*Work required:*
From the entries below, extract every line that includes the word "CommitMoves".

--- START ---

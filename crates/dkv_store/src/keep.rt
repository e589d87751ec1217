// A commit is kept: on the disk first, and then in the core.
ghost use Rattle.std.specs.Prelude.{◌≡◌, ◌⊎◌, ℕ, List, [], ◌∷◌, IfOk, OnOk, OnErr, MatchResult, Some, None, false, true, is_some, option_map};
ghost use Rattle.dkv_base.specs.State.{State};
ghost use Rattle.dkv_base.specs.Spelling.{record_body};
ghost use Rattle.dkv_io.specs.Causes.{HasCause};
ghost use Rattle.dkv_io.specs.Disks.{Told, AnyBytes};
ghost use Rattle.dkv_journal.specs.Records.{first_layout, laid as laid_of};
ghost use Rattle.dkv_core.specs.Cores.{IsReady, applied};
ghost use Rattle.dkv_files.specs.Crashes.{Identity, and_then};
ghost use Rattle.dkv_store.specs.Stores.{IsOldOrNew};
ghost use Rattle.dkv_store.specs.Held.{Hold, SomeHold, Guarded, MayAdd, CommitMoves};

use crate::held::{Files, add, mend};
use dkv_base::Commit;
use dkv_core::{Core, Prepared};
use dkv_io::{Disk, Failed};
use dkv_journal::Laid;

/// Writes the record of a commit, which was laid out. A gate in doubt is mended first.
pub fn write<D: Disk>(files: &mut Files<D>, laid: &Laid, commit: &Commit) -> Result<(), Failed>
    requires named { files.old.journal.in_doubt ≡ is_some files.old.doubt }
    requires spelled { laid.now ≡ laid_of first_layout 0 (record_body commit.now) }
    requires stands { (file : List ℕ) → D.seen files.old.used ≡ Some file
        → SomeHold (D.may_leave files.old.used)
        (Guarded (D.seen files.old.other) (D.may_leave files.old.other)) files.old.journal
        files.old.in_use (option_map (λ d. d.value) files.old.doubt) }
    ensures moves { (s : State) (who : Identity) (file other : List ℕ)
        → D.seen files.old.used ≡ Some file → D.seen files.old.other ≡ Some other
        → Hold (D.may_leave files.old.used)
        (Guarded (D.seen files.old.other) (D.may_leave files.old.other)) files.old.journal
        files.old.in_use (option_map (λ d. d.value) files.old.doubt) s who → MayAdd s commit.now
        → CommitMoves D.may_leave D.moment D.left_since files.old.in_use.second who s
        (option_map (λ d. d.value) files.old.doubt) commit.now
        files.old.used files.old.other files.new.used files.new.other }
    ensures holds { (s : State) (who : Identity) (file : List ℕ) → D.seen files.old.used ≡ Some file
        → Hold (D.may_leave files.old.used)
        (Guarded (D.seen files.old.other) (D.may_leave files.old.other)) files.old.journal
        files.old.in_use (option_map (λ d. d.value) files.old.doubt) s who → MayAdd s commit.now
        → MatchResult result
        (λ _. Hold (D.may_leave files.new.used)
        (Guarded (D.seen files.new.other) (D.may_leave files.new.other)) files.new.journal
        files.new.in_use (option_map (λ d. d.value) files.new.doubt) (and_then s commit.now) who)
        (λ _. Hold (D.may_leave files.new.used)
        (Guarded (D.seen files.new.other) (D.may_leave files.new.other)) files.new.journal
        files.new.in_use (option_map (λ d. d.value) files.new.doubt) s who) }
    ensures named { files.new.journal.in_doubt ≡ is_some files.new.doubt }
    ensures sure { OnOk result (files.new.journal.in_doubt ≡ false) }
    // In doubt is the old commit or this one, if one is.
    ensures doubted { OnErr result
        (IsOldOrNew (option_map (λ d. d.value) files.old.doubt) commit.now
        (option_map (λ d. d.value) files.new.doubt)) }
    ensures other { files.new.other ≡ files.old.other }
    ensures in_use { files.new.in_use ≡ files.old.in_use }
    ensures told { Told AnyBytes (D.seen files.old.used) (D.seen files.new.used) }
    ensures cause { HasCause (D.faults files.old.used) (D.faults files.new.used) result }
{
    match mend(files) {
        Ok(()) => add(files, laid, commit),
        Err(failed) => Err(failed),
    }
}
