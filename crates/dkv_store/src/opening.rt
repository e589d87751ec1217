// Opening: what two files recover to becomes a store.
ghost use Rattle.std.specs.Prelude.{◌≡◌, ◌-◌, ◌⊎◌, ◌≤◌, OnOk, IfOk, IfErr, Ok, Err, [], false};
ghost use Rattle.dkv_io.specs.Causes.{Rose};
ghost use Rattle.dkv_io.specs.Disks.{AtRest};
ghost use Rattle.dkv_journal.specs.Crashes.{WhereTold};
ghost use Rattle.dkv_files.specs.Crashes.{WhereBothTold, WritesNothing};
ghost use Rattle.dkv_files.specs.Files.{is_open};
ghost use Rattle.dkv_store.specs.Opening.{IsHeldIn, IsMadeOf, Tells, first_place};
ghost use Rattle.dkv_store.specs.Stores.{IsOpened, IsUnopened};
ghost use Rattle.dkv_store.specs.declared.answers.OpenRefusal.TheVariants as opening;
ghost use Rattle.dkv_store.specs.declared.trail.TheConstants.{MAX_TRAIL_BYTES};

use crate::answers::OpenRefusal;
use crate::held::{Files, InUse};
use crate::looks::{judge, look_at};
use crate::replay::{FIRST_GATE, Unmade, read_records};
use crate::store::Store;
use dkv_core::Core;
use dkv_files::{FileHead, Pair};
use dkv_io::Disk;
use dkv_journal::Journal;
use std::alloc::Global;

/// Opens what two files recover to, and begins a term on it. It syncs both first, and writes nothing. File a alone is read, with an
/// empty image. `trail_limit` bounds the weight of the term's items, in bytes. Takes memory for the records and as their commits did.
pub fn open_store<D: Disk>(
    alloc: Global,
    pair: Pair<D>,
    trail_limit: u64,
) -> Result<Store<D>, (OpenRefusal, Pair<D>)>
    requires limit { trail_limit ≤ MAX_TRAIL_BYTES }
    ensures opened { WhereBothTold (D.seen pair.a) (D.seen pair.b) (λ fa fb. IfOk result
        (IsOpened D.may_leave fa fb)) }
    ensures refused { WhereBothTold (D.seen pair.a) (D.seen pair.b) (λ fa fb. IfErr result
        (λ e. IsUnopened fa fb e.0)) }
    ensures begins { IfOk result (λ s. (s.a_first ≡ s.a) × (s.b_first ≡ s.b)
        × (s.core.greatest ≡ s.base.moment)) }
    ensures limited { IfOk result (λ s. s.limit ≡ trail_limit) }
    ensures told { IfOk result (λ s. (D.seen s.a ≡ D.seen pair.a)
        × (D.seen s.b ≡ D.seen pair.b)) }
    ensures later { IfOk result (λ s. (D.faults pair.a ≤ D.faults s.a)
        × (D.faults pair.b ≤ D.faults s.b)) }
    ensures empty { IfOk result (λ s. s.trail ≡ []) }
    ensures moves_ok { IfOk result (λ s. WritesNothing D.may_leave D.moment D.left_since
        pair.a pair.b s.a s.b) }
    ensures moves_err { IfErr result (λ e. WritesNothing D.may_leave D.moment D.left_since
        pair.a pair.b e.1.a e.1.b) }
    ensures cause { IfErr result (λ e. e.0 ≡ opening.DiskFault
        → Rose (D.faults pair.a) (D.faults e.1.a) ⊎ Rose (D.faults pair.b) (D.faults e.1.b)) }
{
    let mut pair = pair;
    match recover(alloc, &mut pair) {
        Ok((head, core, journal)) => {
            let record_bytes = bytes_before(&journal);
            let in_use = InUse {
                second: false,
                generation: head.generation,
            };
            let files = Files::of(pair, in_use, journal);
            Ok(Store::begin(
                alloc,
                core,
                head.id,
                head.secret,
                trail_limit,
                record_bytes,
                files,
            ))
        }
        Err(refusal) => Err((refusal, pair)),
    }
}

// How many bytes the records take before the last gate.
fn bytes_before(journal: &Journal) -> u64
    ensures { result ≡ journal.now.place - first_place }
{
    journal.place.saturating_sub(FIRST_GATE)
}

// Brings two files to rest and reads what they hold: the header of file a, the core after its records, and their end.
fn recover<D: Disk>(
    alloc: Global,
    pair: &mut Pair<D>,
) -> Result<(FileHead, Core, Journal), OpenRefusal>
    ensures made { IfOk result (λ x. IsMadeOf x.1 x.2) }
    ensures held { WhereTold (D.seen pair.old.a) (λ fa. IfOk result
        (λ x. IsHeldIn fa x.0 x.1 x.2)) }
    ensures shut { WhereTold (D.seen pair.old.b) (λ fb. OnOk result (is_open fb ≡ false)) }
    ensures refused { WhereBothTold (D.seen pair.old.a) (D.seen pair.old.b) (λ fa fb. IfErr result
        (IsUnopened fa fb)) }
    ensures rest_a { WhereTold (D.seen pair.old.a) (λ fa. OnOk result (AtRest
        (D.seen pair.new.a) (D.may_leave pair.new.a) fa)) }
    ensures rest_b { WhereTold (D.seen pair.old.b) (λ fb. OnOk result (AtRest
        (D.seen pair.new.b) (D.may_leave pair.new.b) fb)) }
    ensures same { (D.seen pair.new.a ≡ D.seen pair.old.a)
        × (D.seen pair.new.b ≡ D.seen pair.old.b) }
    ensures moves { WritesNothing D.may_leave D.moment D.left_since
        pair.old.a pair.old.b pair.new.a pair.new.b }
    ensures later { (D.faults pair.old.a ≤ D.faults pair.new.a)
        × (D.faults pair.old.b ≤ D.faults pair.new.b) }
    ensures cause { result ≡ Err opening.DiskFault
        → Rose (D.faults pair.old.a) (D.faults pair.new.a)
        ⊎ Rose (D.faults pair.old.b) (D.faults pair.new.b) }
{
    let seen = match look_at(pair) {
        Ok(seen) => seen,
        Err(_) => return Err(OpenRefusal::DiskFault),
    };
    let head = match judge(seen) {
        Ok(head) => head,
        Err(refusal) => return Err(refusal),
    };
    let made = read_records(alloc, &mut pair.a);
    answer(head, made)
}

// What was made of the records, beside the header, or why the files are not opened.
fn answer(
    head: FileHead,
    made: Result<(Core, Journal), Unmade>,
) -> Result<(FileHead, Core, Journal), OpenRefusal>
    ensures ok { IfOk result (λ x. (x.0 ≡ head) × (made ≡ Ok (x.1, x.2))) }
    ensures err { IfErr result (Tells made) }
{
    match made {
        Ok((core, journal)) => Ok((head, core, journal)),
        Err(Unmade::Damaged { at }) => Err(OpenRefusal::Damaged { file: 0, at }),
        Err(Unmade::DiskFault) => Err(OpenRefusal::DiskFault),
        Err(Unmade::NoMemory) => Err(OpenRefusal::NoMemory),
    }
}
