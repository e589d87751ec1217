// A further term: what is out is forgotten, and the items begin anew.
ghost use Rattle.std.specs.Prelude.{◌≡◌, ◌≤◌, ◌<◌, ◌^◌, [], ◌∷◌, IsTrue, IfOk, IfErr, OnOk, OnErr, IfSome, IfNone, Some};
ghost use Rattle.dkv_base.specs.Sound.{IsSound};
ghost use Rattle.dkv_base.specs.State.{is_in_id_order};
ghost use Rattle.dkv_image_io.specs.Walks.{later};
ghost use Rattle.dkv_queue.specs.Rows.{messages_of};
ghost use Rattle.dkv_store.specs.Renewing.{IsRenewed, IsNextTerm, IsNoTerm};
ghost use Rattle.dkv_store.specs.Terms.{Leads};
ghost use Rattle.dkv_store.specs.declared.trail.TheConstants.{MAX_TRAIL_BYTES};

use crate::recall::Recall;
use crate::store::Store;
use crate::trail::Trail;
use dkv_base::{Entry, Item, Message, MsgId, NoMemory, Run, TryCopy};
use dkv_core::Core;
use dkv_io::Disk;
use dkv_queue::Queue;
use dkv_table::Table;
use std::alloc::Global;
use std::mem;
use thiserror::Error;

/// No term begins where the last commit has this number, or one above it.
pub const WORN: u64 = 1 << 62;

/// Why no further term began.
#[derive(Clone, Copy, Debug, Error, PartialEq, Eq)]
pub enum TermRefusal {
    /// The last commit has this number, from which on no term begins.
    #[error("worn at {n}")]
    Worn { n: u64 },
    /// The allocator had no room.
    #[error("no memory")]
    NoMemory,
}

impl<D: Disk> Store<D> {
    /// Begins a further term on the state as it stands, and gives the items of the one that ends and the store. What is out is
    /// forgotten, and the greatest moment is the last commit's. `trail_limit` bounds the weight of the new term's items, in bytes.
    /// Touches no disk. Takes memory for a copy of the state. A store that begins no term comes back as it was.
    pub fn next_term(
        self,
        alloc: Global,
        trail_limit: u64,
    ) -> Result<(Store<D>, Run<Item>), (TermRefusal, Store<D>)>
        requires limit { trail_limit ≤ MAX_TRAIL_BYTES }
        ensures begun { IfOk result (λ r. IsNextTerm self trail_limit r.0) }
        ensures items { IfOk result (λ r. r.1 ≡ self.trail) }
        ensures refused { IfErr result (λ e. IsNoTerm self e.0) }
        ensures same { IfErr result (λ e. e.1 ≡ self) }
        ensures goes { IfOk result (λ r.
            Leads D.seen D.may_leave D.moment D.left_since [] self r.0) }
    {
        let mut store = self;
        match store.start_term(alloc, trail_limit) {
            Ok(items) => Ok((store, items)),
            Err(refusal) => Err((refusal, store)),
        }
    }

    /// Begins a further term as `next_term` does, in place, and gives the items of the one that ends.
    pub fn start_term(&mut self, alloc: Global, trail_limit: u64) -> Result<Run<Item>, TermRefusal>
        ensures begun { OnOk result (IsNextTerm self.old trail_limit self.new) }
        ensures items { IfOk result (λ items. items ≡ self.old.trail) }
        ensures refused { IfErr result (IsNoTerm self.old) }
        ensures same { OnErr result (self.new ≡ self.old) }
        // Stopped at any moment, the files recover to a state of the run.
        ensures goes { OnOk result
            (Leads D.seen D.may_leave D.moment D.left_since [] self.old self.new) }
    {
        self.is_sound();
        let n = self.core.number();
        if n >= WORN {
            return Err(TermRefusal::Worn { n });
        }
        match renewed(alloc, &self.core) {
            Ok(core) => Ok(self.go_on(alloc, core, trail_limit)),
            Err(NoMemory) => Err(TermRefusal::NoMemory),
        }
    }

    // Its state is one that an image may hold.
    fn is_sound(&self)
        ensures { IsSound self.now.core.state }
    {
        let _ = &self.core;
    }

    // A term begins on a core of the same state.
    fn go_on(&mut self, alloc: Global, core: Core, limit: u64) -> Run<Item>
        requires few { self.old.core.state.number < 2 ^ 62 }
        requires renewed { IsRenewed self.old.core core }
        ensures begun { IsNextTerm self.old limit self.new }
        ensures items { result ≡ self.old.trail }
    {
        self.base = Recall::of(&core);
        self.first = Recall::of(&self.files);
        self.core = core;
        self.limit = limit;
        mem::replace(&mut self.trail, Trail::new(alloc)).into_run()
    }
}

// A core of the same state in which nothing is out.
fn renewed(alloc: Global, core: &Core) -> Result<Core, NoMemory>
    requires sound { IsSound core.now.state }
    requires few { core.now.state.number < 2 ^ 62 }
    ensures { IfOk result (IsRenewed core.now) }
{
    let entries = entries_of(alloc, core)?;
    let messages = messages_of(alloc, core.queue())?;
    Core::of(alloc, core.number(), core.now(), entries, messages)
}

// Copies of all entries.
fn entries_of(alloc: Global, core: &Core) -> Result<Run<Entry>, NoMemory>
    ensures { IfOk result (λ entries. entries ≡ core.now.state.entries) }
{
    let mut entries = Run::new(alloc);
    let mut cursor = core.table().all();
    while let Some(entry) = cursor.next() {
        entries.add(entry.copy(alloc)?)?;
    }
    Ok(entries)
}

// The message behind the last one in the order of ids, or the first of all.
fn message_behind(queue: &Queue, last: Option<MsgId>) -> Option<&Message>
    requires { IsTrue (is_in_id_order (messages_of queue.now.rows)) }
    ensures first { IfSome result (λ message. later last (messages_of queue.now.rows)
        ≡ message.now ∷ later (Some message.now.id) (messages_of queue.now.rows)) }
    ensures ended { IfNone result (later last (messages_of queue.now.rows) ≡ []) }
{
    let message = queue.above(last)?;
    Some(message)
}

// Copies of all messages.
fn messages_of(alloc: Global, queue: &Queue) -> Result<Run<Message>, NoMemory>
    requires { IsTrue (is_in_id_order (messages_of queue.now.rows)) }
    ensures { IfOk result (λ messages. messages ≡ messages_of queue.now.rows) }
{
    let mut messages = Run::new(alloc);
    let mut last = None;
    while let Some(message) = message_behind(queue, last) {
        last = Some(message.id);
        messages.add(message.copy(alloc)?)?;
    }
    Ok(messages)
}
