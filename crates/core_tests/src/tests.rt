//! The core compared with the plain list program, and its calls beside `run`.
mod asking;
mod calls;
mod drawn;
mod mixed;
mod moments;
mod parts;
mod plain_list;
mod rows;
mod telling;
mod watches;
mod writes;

--- END ---

*Result:*
ghost use Rattle.dkv_store.specs.Held.{Hold, SomeHold, Guarded, MayAdd, CommitMoves};
        → CommitMoves D.may_leave D.moment D.left_since files.old.in_use.second who s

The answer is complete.